# Forum Home Renovation Cladding  Removing an external window and filling the cavity

## Hans1972

Hi All 
I'm a week away from commencing a renovation on a 1960's weatherboard house where we are having the asbestos removed from two internal bedrooms and reskinning the internal walls / ceilings with new gyprock.  
In one of the rooms we have an odd window configuration where were have a long window (3 x 1200mm long x 600mm panes) that span across the room at head height.  
Below this window we have smaller 1200mm square window which sits around waist height. I'm looking at removing this window when the asbestos is removed and filling over the cavity in the resheeting process. The window frame is timber and I have access to matching cladding for the outside of the house. 
Is this something that the average handyman can attempt? If so, does anyone have any advice on how to approach this. Do I need to add any flashing? If so, where do I purchase this from and how is it installed? 
Thanks in advance as always.
Andrew

----------


## ausdesign

On the face of it it sounds very straight forward. If I am interpreting correctly the roof load will be carried by existing lintels etc so it will be a case of simply removing the lower window, putting in an extra stud in the opening to carry the internal & external linings. No flashings required.

----------


## Hans1972

Thanks Peter - Yes that sounds like what I was hoping.

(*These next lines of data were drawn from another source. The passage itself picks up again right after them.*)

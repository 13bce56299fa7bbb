//! The log: its marks, its device, and the records that are not durable.
//!
//! Who says of it no more than `IsLater`, `Holds`, `IsSpan`, `IsFault` and the number of a `Covered` says nothing that another
//! caller's appends and covers could break.
ghost use Rattle.std.specs.Prelude.{◌≡◌, ◌≤◌, ◌<◌, ◌+◌, ◌++◌, ◌^◌, ℕ, List, length, OnOk, OnErr, IfOk, IfErr, IsOk, IsErr};
ghost use Rattle.std.specs.Prelude.{Err, vec_len, vec_capacity, Option};
ghost use Rattle.std.specs.Int.{w64, to_be_bytes};
ghost use Rattle.page_ids.specs.declared.limits.TheConstants.{LAST_LSN};
ghost use Rattle.redo_mark.specs.Device.{Told, Tells, IsSynced, IsSame};
ghost use Rattle.redo_mark.specs.Records.{sealed};
ghost use Rattle.redo_mark.specs.Logs.{IsFresh, IsLater, IsLonger, IsMeasured, Holds, IsKept, IsAllKept, IsKeptAt, IsWhole, IsSpan, IsFault};
ghost use Rattle.redo_mark.specs.Logs.{HasGrown, StaysGrown};
ghost use Rattle.redo_mark.specs.Pending.{OnlyWroteBetween, IsMadeDurable, IsDraft, joined};

use crate::device::RedoDisk;
use crate::record::{Draft, Span};
use crate::redo::{CoverErr, Covered, LogSpent, RedoEnd};
use page_ids::LAST_LSN;
use std::alloc::Global;
use std::collections::LinkedList;
use std::marker::Model;

/// The counts of faults before and after a device's call that failed.
struct Fault {
    before: u64,
    after: u64,
}

/// The log on its device, with the records that are not durable.
#[derive(Drop)]
pub struct Log<R: RedoDisk> {
    disk: R,
    first: u64,
    durable: u64,
    end: u64,
    pending: LinkedList<Vec<u8>>,
}

impl<R: RedoDisk> Model for Log<R> {
    ghost use Rattle.std.specs.Prelude.{◌+◌, ◌-◌};
    ghost use Rattle.redo_mark.specs.Logs.{LogState};
    ghost use Rattle.redo_mark.specs.Pending.{IsLog, bytes_of};

    ghost Value = { LogState R };

    ghost view = { λ r. record {
      seen = record {
        first = r.first;
        opened = r.first + (R.seen r.disk).opened;
        durable = r.durable;
        end = r.end;
        faults = (R.seen r.disk).faults;
        bytes = bytes_of (R.seen r.disk).opened (r.durable - r.first) (R.seen r.disk).told r.pending;
      };
      disk = r.disk;
    } };

    ghost invariant = { λ r. IsLog r.first r.durable r.end (R.seen r.disk).opened (R.seen r.disk).reach (R.seen r.disk).told r.pending };
}

/// How many bytes the record in the node has but for its end LSN.
fn draft_len(node: &LinkedList<Vec<u8>>) -> u64
    requires { IsDraft node.now }
    ensures { result ≡ length (joined node.now) }
{
    match node.front() {
        Some(bytes) => bytes.len() as u64,
        None => unreachable!(),
    }
}

/// Puts the end LSN behind the record; there is room for it.
fn seal(bytes: &mut Vec<u8>, end: u64)
    requires { vec_len bytes.old + 8 ≤ vec_capacity bytes.old }
    ensures { bytes.new.items ≡ bytes.old.items ++ to_be_bytes w64 end }
{
    match bytes.extend_from_slice(&end.to_be_bytes()) {
        Ok(()) => (),
        Err(_) => unreachable!(),
    }
}

/// Puts the end LSN behind the record in the node.
fn seal_node(node: &mut LinkedList<Vec<u8>>, end: u64)
    requires { IsDraft node.old }
    ensures bytes { joined node.new ≡ joined node.old ++ to_be_bytes w64 end }
    ensures len { length node.new ≡ 1 }
{
    match node.front_mut() {
        Some(bytes) => seal(bytes, end),
        None => unreachable!(),
    }
}

/// Syncs the device.
fn sync<R: RedoDisk>(disk: &mut R) -> Result<(), Fault>
    ensures ok { OnOk result (Tells (R.seen disk.old).told (R.seen disk.new).told IsSynced) }
    ensures err { OnErr result (Tells (R.seen disk.old).told (R.seen disk.new).told IsSame) }
    ensures reach { (R.seen disk.old).reach ≤ (R.seen disk.new).reach }
    ensures opened { (R.seen disk.new).opened ≡ (R.seen disk.old).opened }
    ensures later { (R.seen disk.old).faults ≤ (R.seen disk.new).faults }
    ensures fault { IfErr result (λ f. IsFault (R.seen disk.old).faults (R.seen disk.new).faults f.before f.after
        × (f.after ≡ (R.seen disk.new).faults)) }
{
    let before = disk.faults();
    if disk.sync().is_err() {
        let after = disk.faults();
        return Err(Fault { before, after });
    }
    Ok(())
}

/// Writes the records one behind the other, from this offset on, and syncs.
fn write_through<R: RedoDisk>(
    disk: &mut R,
    from: u64,
    pending: &LinkedList<Vec<u8>>,
) -> Result<(), Fault>
    requires within { from ≤ (R.seen disk.old).reach }
    requires limit { from + length (joined pending.now) ≤ LAST_LSN }
    ensures ok { OnOk result (Tells (R.seen disk.old).told (R.seen disk.new).told (IsMadeDurable from (joined pending.now))) }
    ensures err { OnErr result (Tells (R.seen disk.old).told (R.seen disk.new).told
        (OnlyWroteBetween from (from + length (joined pending.now)))) }
    ensures reach { (R.seen disk.old).reach ≤ (R.seen disk.new).reach }
    ensures reached { OnOk result (from + length (joined pending.now) ≤ (R.seen disk.new).reach) }
    ensures opened { (R.seen disk.new).opened ≡ (R.seen disk.old).opened }
    ensures later { (R.seen disk.old).faults ≤ (R.seen disk.new).faults }
    ensures fault { IfErr result (λ f. IsFault (R.seen disk.old).faults (R.seen disk.new).faults f.before f.after
        × (f.after ≡ (R.seen disk.new).faults)) }
{
    let mut at = from;
    for bytes in pending.iter() {
        let before = disk.faults();
        if disk.write_at(at, bytes.as_slice()).is_err() {
            let after = disk.faults();
            return Err(Fault { before, after });
        }
        at += bytes.len() as u64;
    }
    sync(disk)
}

impl<R: RedoDisk> Log<R> {
    /// The log on a device, all of it durable. `first` is the LSN of the device's first byte.
    pub fn start(alloc: Global, disk: R, first: u64) -> Log<R>
        requires limit { first + (R.seen disk).opened ≤ LAST_LSN }
        ensures fresh { IsFresh result.seen first (R.seen disk).opened (R.seen disk).faults }
        ensures kept { IsKept result.seen (R.seen result.disk).told }
        ensures disk { result.disk ≡ disk }
        ensures grown { HasGrown result.seen (R.seen result.disk) (R.seen disk).told }
    {
        let end = first + disk.end();
        Log {
            disk,
            first,
            durable: end,
            end,
            pending: LinkedList::new(alloc),
        }
    }

    /// Appends the record of a draft at the log's end, in memory: no device is used, and no memory is taken.
    ///
    /// It is refused exactly where the record would end above 2^63; the draft is then dropped (InnoDB's `log_buffer_reserve`).
    pub fn append(&mut self, draft: Draft) -> Result<Span, LogSpent>
        ensures span { IfOk result (IsSpan self.old.seen.end self.new.seen.end (length draft + 8)) }
        ensures record { IfOk result (λ s. Holds self.new.seen (sealed draft s.start) s.start) }
        ensures exact { IfOk result (λ s. (s.start ≡ self.old.seen.end) × IsLonger self.old.seen self.new.seen (sealed draft s.start)) }
        ensures later { IsLater self.old.seen self.new.seen }
        ensures kept { IsKept self.new.seen (R.seen self.new.disk).told }
        ensures whole { IsWhole self.new.seen }
        ensures disk { self.new.disk ≡ self.old.disk }
        ensures grown { StaysGrown self.old.seen (R.seen self.old.disk) self.new.seen (R.seen self.new.disk) }
        ensures mark { self.new.seen.durable ≡ self.old.seen.durable }
        ensures spent { IfErr result (λ e. (self.old.seen.end ≤ e.end) × (e.end ≤ self.new.seen.end)
            × (LAST_LSN < e.end + length draft + 8)) }
        ensures full { LAST_LSN < self.old.seen.end + length draft + 8 → IsErr result }
        ensures err { OnErr result (self.new ≡ self.old) }
    {
        let mut node = draft.into_node();
        let start = self.end;
        let len = draft_len(&node) + 8;
        if LAST_LSN - start < len {
            return Err(LogSpent { end: start });
        }
        let end = start + len;
        seal_node(&mut node, end);
        match self.pending.append(&mut node) {
            Ok(()) => (),
            Err(_) => unreachable!(),
        }
        self.end = end;
        Ok(Span { start, end })
    }

    /// Makes the log durable up to an LSN at least. It takes no memory.
    ///
    /// Where the LSN is durable no device is used. Else the records that aren't are written in their order, each by one write, the device
    /// syncs, and only then the durable mark rises, to the end that was written (InnoDB's `log_write_up_to`). After a fault nothing more is
    /// durable, and the same bytes are written again next time, at the same places.
    pub fn cover(&mut self, lsn: u64) -> Result<Covered, CoverErr>
        ensures ok { IfOk result (λ c. (c ≡ self.new.seen.durable) × (lsn ≤ c) × (c ≤ self.new.seen.end)) }
        ensures kept { IsKept self.new.seen (R.seen self.new.disk).told }
        ensures whole { IsWhole self.new.seen }
        ensures later { IsLater self.old.seen self.new.seen }
        ensures grown { StaysGrown self.old.seen (R.seen self.old.disk) self.new.seen (R.seen self.new.disk) }
        ensures idle { lsn ≤ self.old.seen.durable → (self.new ≡ self.old) × IsOk result }
        ensures all { self.old.seen.durable < lsn → OnOk result (self.new.seen.durable ≡ self.old.seen.end) }
        ensures end { self.new.seen.end ≡ self.old.seen.end }
        ensures err { OnErr result (self.new.seen ≡ record self.old.seen { faults = self.new.seen.faults }) }
        ensures beyond { (l end : ℕ) → result ≡ Err (CoverErr.BeyondEnd l end)
            → (l ≡ lsn) × (self.old.seen.end ≤ end) × (end < lsn) × (self.new ≡ self.old) }
        ensures far { self.old.seen.end < lsn → result ≡ Err (CoverErr.BeyondEnd lsn self.old.seen.end) }
        ensures fault { (before after : ℕ) → result ≡ Err (CoverErr.Fault before after)
            → IsFault self.old.seen.faults self.new.seen.faults before after
            × (after ≡ self.new.seen.faults) × (lsn ≤ self.new.seen.end) }
    {
        if lsn > self.end {
            return Err(CoverErr::BeyondEnd { lsn, end: self.end });
        }
        if lsn <= self.durable {
            return Ok(Covered { upto: self.durable });
        }
        let from = self.durable - self.first;
        match write_through(&mut self.disk, from, &self.pending) {
            Ok(()) => (),
            Err(Fault { before, after }) => return Err(CoverErr::Fault { before, after }),
        }
        self.pending.clear();
        self.durable = self.end;
        Ok(Covered { upto: self.durable })
    }

    /// The LSN up to which the log is durable.
    pub fn durable(&self) -> u64
        ensures { result ≡ self.now.seen.durable }
    {
        self.durable
    }

    /// The LSN behind the last record.
    pub fn end(&self) -> u64
        ensures { result ≡ self.now.seen.end }
    {
        self.end
    }

    /// The marks measure the log. It does nothing.
    pub fn is_measured(&self)
        ensures { IsMeasured self.now.seen }
    {
        let _ = &self.end;
    }

    /// The device's count of faults.
    pub fn faults(&self) -> u64
        ensures { result ≡ self.now.seen.faults }
    {
        self.disk.faults()
    }

    /// Ends the log and hands its device back. Records that are not durable are dropped.
    pub fn close(self) -> RedoEnd<R>
        ensures disk { result.disk ≡ self.disk }
        ensures opened { self.seen.opened ≡ self.seen.first + (R.seen result.disk).opened }
        ensures faults { self.seen.faults ≡ (R.seen result.disk).faults }
        ensures end { result.end ≡ self.seen.end }
        ensures durable { (result.durable ≡ self.seen.durable) × (result.durable ≤ result.end) }
        ensures kept { IsKept self.seen (R.seen result.disk).told }
        ensures whole { IsWhole self.seen }
        ensures all { (opening : Option Told) → HasGrown self.seen (R.seen self.disk) opening
            → IsAllKept (R.seen result.disk).opened opening self.seen (R.seen result.disk).told }
        ensures records { (piece : List ℕ) (start : ℕ) → Holds self.seen piece start → start + length piece ≤ result.durable
            → IsKeptAt self.seen.first piece start (R.seen result.disk).told }
    {
        let Log {
            disk,
            durable,
            end,
            pending,
            ..
        } = self;
        drop(pending);
        RedoEnd { disk, end, durable }
    }
}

I wasn't sure if I needed to place flashing in, or behind, the vertical joins to prevent water leaking in. Do you think a general exterior gap sealer will do the trick?

----------


## shauck

If you can, stagger the joins of the external cladding when you close up the window opening. It will look better.

----------


## goldie1

> Thanks Peter - Yes that sounds like what I was hoping. I wasn't sure if I needed to place flashing in, or behind, the vertical joins to prevent water leaking in. Do you think a general exterior gap sealer will do the trick?

   Use sika on the butt joins

----------